■ Collected data:
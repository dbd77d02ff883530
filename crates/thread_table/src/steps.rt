//! The atomic steps. One function of each kind serves all element queues, processors and elements.
ghost use Rattle.std.specs.Prelude.{◌≡◌, ◌≢◌, ◌+◌, ◌*◌, ◌%◌, ◌<◌, ◌≤◌, ◌/◌, ℕ, true, false, [], length};
ghost use Rattle.std.specs.Prelude.{Some, None};
ghost use Rattle.std.specs.Int.{bit_at};
ghost use Rattle.std.specs.Int.Bits.{bit_or, bit_and};
ghost use Rattle.table_theory.specs.Seating.{IsSame};
ghost use Rattle.thread_table.specs.Schedules.{elements_after, ring_at, element_at};
ghost use Rattle.table_theory.specs.declared.positions.TheConstants.{POSITIONS};
ghost use Rattle.thread_table.specs.declared.layout.TheConstants.{WORDS, PROCESSORS, ELEMENTS, RINGS, WAITS, NOTIFY};
ghost use Rattle.thread_table.specs.declared.layout.TheConstants.{CELL, SIGNAL_BITS, STOP_BITS};
ghost use Rattle.thread_table.specs.Layout.{state_word, head_word, tail_word, place_word, wait_ring, stop_bit};
ghost use Rattle.thread_table.specs.Layout.{processor_word, done_word, half_word, most_done};
ghost use Rattle.thread_table.specs.Shown.{head_shown, tail_shown};
ghost use Rattle.thread_table.specs.Rules.{HasStood, IsActive, MayStep, has, serves, running};
ghost use Rattle.thread_table.specs.Views.{count_of, HasClaimed};
ghost use Rattle.thread_table.specs.Entries.{claim_event, take_event};
ghost use Rattle.thread_table.specs.Answers.{raise_event, is_in};
ghost use Rattle.thread_table.specs.Sets.{marks};
ghost use Rattle.thread_table.specs.Steps.{Found, HandDid, IsTurn, ReadPc, CountedUp, CountedDown};
ghost use Rattle.thread_table.specs.Steps.{rest_of, rest_without, newborn, newborn_with, both, emptied};
ghost use Rattle.table_theory.specs.Sharing.{IsPortion};
ghost use Rattle.event_theory.specs.declared.event.Event.TheVariants as events;
ghost use Rattle.thread_table.specs.Reads.{Peeked, StateIs};

use crate::layout::{
    ENDS, NOTIFY, STOP, done_word, head_word, place_word, processor_word, state_word, tail_word,
    wait_ring,
};
use crate::plays::{
    Caller, CountDown, CountUp, EventOf, GivesShare, Halves, Joins, LoadDone, Look, Makes, Mask,
    MaskedPortion, Spent, Stores, Tries,
};
use crate::rule::{Shape, ThreadRule, View};
use atomic_table::{Seat, Shared};
use std::marker::Brand;

pub(crate) type Words = Shared<(), View, Shape, ThreadRule>;

fn load<J: Caller>(words: &Words, seat: &mut Seat<(), View>, word: usize) -> u64
    requires queue { (seat.old.table_id ≡ words.now.table_id) × (word < words.now.table_id.words) }
    requires live { IsActive seat.old.me.0 }
    requires call { J.call ≡ seat.old.id }
    ensures { IsSame seat.old seat.new × (seat.new.me.1 ≡ seat.old.me.1)
        × Found seat.old.me.0 word result seat.new.me.0 × ∥ HasStood seat.new.id seat.new.me.0 ∥₁ }
{
    words.load::<Look<J>>(seat, word)
}

pub(crate) fn load_head(words: &Words, seat: &mut Seat<(), View>, ring: usize) -> u64
    requires queue { (seat.old.table_id ≡ words.now.table_id) × (words.now.table_id.words ≡ WORDS) × (ring < RINGS) }
    requires live { IsActive seat.old.me.0 }
    ensures queue { IsSame seat.old seat.new × (seat.new.me.1 ≡ seat.old.me.1) }
    ensures stands { ∥ HasStood seat.new.id seat.new.me.0 ∥₁ }
    ensures found { Found seat.old.me.0 (head_word ring) result seat.new.me.0 }
    ensures head { result ≡ head_shown seat.old.me.0.own.first (elements_after seat.new.me.0.seen.object) ring }
{
    load::<Brand>(words, seat, head_word(ring))
}

pub(crate) fn load_tail(words: &Words, seat: &mut Seat<(), View>, ring: usize) -> u64
    requires queue { (seat.old.table_id ≡ words.now.table_id) × (words.now.table_id.words ≡ WORDS) × (ring < RINGS) }
    requires live { IsActive seat.old.me.0 }
    ensures queue { IsSame seat.old seat.new × (seat.new.me.1 ≡ seat.old.me.1) }
    ensures stands { ∥ HasStood seat.new.id seat.new.me.0 ∥₁ }
    ensures found { Found seat.old.me.0 (tail_word ring) result seat.new.me.0 }
    ensures tail { result ≡ tail_shown seat.old.me.0.own.first (elements_after seat.new.me.0.seen.object) ring }
    ensures bounded { result < POSITIONS }
{
    load::<Brand>(words, seat, tail_word(ring))
}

■ TASK DESCRIPTION:
Check each line above for the string "ThreadRule" and copy the ones that have it.

■ ANSWER FOR THE TASK:
use crate::rule::{Shape, ThreadRule, View};
pub(crate) type Words = Shared<(), View, Shape, ThreadRule>;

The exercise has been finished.